Lymphocytes CD3+ (Lymphocytes T) : 814 – 2688 / µL
Lymphocytes CD3+ CD4+ : 388 – 1841 / µL
Lymphocytes CD3+ CD8+ : 171 – 1006 / µL
Lymphocytes CD19+ (Lymphocytes B) : 72 – 414 / µL
Lymphocytes CD16+ (Natural Killer) : 60 – 646 / µL

9 jours

Lymphocytes T
Les lymphocytes totaux sont comptés à l’aide des anticorps CD3. Deux sous-populations, correspondant schématiquement aux lymphocytes T auxiliaires et aux lymphocytes T suppresseurs et cytoxiques, sont dénombrées par les marqueurs CD4+ et CD8+.

Lymphopénie T CD4+
– La numération des lymphocytes T CD4+ est l’examen clé de la surveillance de l’infection par HIV : l’observation d’une diminution confirmée est très significative d’une évolution vers l’immunodépression.
– Certaines infections bactériennes peuvent entraîner une diminution durable du nombre des lymphocytes T CD4+.

Hyperlymphocytose T CD4+
Souvent observé au cours de maladies auto-immunes.

Lymphopénie CD8+
Au cours d’une infection par HIV, la lymphopénie CD8+ est tardive.
Le taux de lymphocytes CD8+est parfois diminué au cours de maladies auto-immunes.

Hyperlymphocytose CD8+
L’hyperlymphocytose CD8+ témoigne d’une activation du système immunitaire.
Cette augmentation est observée au cours des infections virales, des rejets de greffes, du syndrome de fatigue chronique et de certaines neutropénies.

Lymphocytes T activés
Les marqueurs les plus utilisés pour dénombrer les lymphocytes activés sont CD25, CD38 et HLA DR.
Ces marqueurs étant également exprimés sur les lymphocytes B, ils doivent être couplés à un marqueur T. Chez le sujet normal, les cellules activées représentent moins de 5% des lymphocytes du sang. On peut observer une augmentation du nombre de lymphocytes T activés dans toute pathologie faisant intervenir le système immunitaire, notamment, infections virales et maladies auto-immunes. Une attention toute particulière peut être portée aux CD8+activés (CD8+ CD38+); l’augmentation, chez le patient encore asymptomatique, semble associée à une progression plus rapide vers l’immunodépression.

Lymphocytes B
Bien que les lymphocytes B soient définis par la présence d’immunoglobulines de surface, les lymphocytes B sont identifiés (pour des raisons strictement analytiques) par les marqueurs CD19 ou CD20.

Hyperlymphocytose B
En pratique clinique, les marqueurs des lymphocytes B sont importants pour caractériser l’origine T ou B d’une hémopathie lymphoïde.
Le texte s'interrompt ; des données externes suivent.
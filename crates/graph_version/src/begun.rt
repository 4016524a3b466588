//! Version 0 over rows that were made apart.

ghost use Rattle.std.specs.Prelude.{◌≡◌, length, IfOk};
ghost use Rattle.graph_types.specs.Graph.{graph_in};
ghost use Rattle.graph_version.specs.Begun.{graph_by, begun_over};
ghost use Rattle.graph_version.specs.Edges.{edges_in_blocks};
ghost use Rattle.graph_version.specs.Kept.{opening_graph};
ghost use Rattle.graph_version.specs.Rows.{blocks_of};
ghost use Rattle.graph_version.specs.Versions.{IsVersion};

use crate::batch_log::{BatchLog, keeps_batches};
use crate::listed::ListedContent;
use crate::opening::Opening;
use crate::rebase::{edges_in, names_in};
use crate::rows::Rows;
use crate::versions::Version;
use graph_types::{Content, Limits, List};
use std::alloc::{AllocError, Global};
use std::sync::Arc;
use vertex_names::NameBook;

/// What a version begins with: its limits, its names and kinds, and its rows.
#[derive(Drop)]
pub(crate) struct Begun {
    pub(crate) limits: Limits,
    pub(crate) names: NameBook,
    pub(crate) kinds: NameBook,
    pub(crate) rows: Rows,
}

impl Begun {
    /// Its graph as an opening: as plain lists where batches are kept, and else in the proofs alone.
    fn as_opening(&self, alloc: Global) -> Result<Opening, AllocError>
        requires { IsVersion (begun_over self.now.limits self.now.names.names self.now.kinds.names self.now.rows) }
        ensures { IfOk result (λ opening. opening_graph opening
            ≡ graph_by self.now.limits self.now.names.names self.now.kinds.names self.now.rows) }
    {
        if keeps_batches(self.limits) {
            Ok(Opening::Shared(Arc::new(alloc, self.contents(alloc)?)?))
        } else {
            Ok(Opening::told_of(alloc, self))
        }
    }

    /// Its graph as plain lists.
    fn contents(&self, alloc: Global) -> Result<ListedContent, AllocError>
        requires { IsVersion (begun_over self.now.limits self.now.names.names self.now.kinds.names self.now.rows) }
        ensures { IfOk result (λ listed. graph_in listed.limits listed.content
            ≡ graph_by self.now.limits self.now.names.names self.now.kinds.names self.now.rows) }
    {
        let content = Content {
            names: List::of(names_in(alloc, &self.names)?),
            kinds: List::of(names_in(alloc, &self.kinds)?),
            edges: List::of(edges_in(alloc, &self.rows)?),
        };
        Ok(ListedContent {
            content,
            limits: self.limits,
        })
    }
}

impl Version {
    /// Version 0 over rows: it begins with the graph of these names and kinds whose edges are those of the rows, so many, each
    /// once. It takes no memory by edges; where batches are kept, also that of the graph as plain lists.
    pub fn begun(
        alloc: Global,
        limits: Limits,
        names: NameBook,
        kinds: NameBook,
        rows: Rows,
        edges: u64,
    ) -> Result<Version, AllocError>
        requires names { names.limit ≡ limits.names }
        requires kinds { kinds.limit ≡ limits.kinds }
        requires edges { edges ≡ length (edges_in_blocks (blocks_of rows)) }
        requires version { IsVersion (begun_over limits names.names kinds.names rows) }
        ensures { IfOk result (λ version. version ≡ begun_over limits names.names kinds.names rows) }
    {
        let begun = Begun {
            limits,
            names,
            kinds,
            rows,
        };
        let opening = begun.as_opening(alloc)?;
        let Begun {
            limits,
            names,
            kinds,
            rows,
        } = begun;
        Ok(Version {
            opening,
            names,
            kinds,
            batches: BatchLog::new(alloc, keeps_batches(limits)),
            rows,
            edges,
        })
    }
}
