//! Halls of groups.

ghost use Rattle.std.specs.Prelude.{◌≡◌, ◌<◌, ◌^◌, ◌++◌, ◌∷◌, [], length, slice_get, option_copied, IfOk, OnOk, OnErr};
ghost use Rattle.graph_version.specs.Batches.{batch_value};
ghost use Rattle.graph_version.specs.BatchGroups.{in_groups, AreGroups};

use crate::batch_group::{BatchGroup, GROUP};
use graph_types::Batch;
use std::alloc::{AllocError, Global};
use std::marker::Model;
use std::sync::Arc;
use std::vec::VecCloneMethods;

/// How many groups stand in one hall.
const GROUPS: usize = 32;

/// At most 8,192 batches that follow one another, in groups of 256 that copies share.
pub(crate) struct BatchHall {
    len: usize,
    groups: Vec<Arc<BatchGroup>>,
}

// By hand, so that who lets one go need not take it apart.
impl Drop for BatchHall {
    fn drop(self) {
        let BatchHall {
            len: _len,
            groups: _groups,
        } = self;
    }
}

impl Model for BatchHall {
    ghost use Rattle.std.specs.Prelude.{◌≡◌, List, length};
    ghost use Rattle.graph_types.specs.declared.batches.NamedOp.{NamedOp};
    ghost use Rattle.graph_version.specs.BatchGroups.{in_groups, AreGroups};

    ghost Value = { List (List NamedOp) };

    ghost view = { λ hall. in_groups hall.groups.items };

    ghost invariant = { λ hall. (length (in_groups hall.groups.items) ≡ hall.len) × AreGroups hall.groups.items };
}

impl Clone for BatchHall {
    ghost is_clone = { λ hall copy. copy ≡ hall };

    // With room for all that a hall can have, so that the push behind a copy asks for no memory.
    fn clone(&self) -> Result<BatchHall, AllocError> {
        let mut groups = Vec::with_capacity(*self.groups.allocator(), GROUPS)?;
        VecCloneMethods::extend_from_slice(&mut groups, &self.groups)?;
        Ok(BatchHall {
            len: self.len,
            groups,
        })
    }
}

impl BatchHall {
    /// The hall of one batch.
    pub(crate) fn of(alloc: Global, batch: Arc<Batch>) -> Result<BatchHall, AllocError>
        ensures { IfOk result (λ hall. hall ≡ batch_value batch ∷ []) }
    {
        let mut hall = BatchHall {
            len: 0,
            groups: Vec::new(alloc),
        };
        hall.push(batch)?;
        Ok(hall)
    }

    /// The batch at a place.
    pub(crate) fn get(&self, place: usize) -> Option<&Batch>
        ensures { option_copied result ≡ slice_get self.now place }
    {
        self.groups.get(place / GROUP)?.get(place % GROUP)
    }

    /// One more batch: one group is made or copied, and every other is shared.
    pub(crate) fn push(&mut self, batch: Arc<Batch>) -> Result<(), AllocError>
        requires { length self.old < 2 ^ 32 }
        ensures pushed { OnOk result (self.new ≡ self.old ++ batch_value batch ∷ []) }
        ensures unchanged { OnErr result (self.new ≡ self.old) }
    {
        let alloc = *self.groups.allocator();
        add_to_groups(alloc, &mut self.groups, self.len, batch)?;
        self.len += 1;
        Ok(())
    }
}

/// One more batch after the last: in a new group where all are full, and otherwise in the last group, or in a copy of
/// it where other halls have it.
fn add_to_groups(
    alloc: Global,
    groups: &mut Vec<Arc<BatchGroup>>,
    len: usize,
    batch: Arc<Batch>,
) -> Result<(), AllocError>
    requires len { length (in_groups groups.old.items) ≡ len }
    requires groups { AreGroups groups.old.items }
    ensures added { OnOk result (in_groups groups.new.items ≡ in_groups groups.old.items ++ batch_value batch ∷ []) }
    ensures unchanged { OnErr result (in_groups groups.new.items ≡ in_groups groups.old.items) }
    ensures groups { AreGroups groups.new.items }
{
    if len % GROUP == 0 {
        let group = Arc::new(alloc, BatchGroup::of(alloc, batch)?)?;
        groups.push(group)?;
        return Ok(());
    }
    Arc::make_mut(&mut groups[len / GROUP])?.push(batch)
}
Cellules à activité « Natural Killer » (Cellules NK)
Les cellules NK sont capables de détruire leur cible sans restriction par le complexe majeur d’histocompatibilité. Les cellules NK sont des cellules non T (CD3-) qui expriment les antigènes CD16 et CD56.
L’hyperlymphocytose à cellules NK est fréquente et reflète le plus souvent une situation bénigne et transitoire. Elle peut toutefois révéler une leucémie à grands lymphocytes granuleux.

Hémopathies malignes du tissus lymphoïde :
Le typage lymphocytaire trouve un champ d’application particulier dans la mise au point des hémopathies malignes du tissu lymphoïde.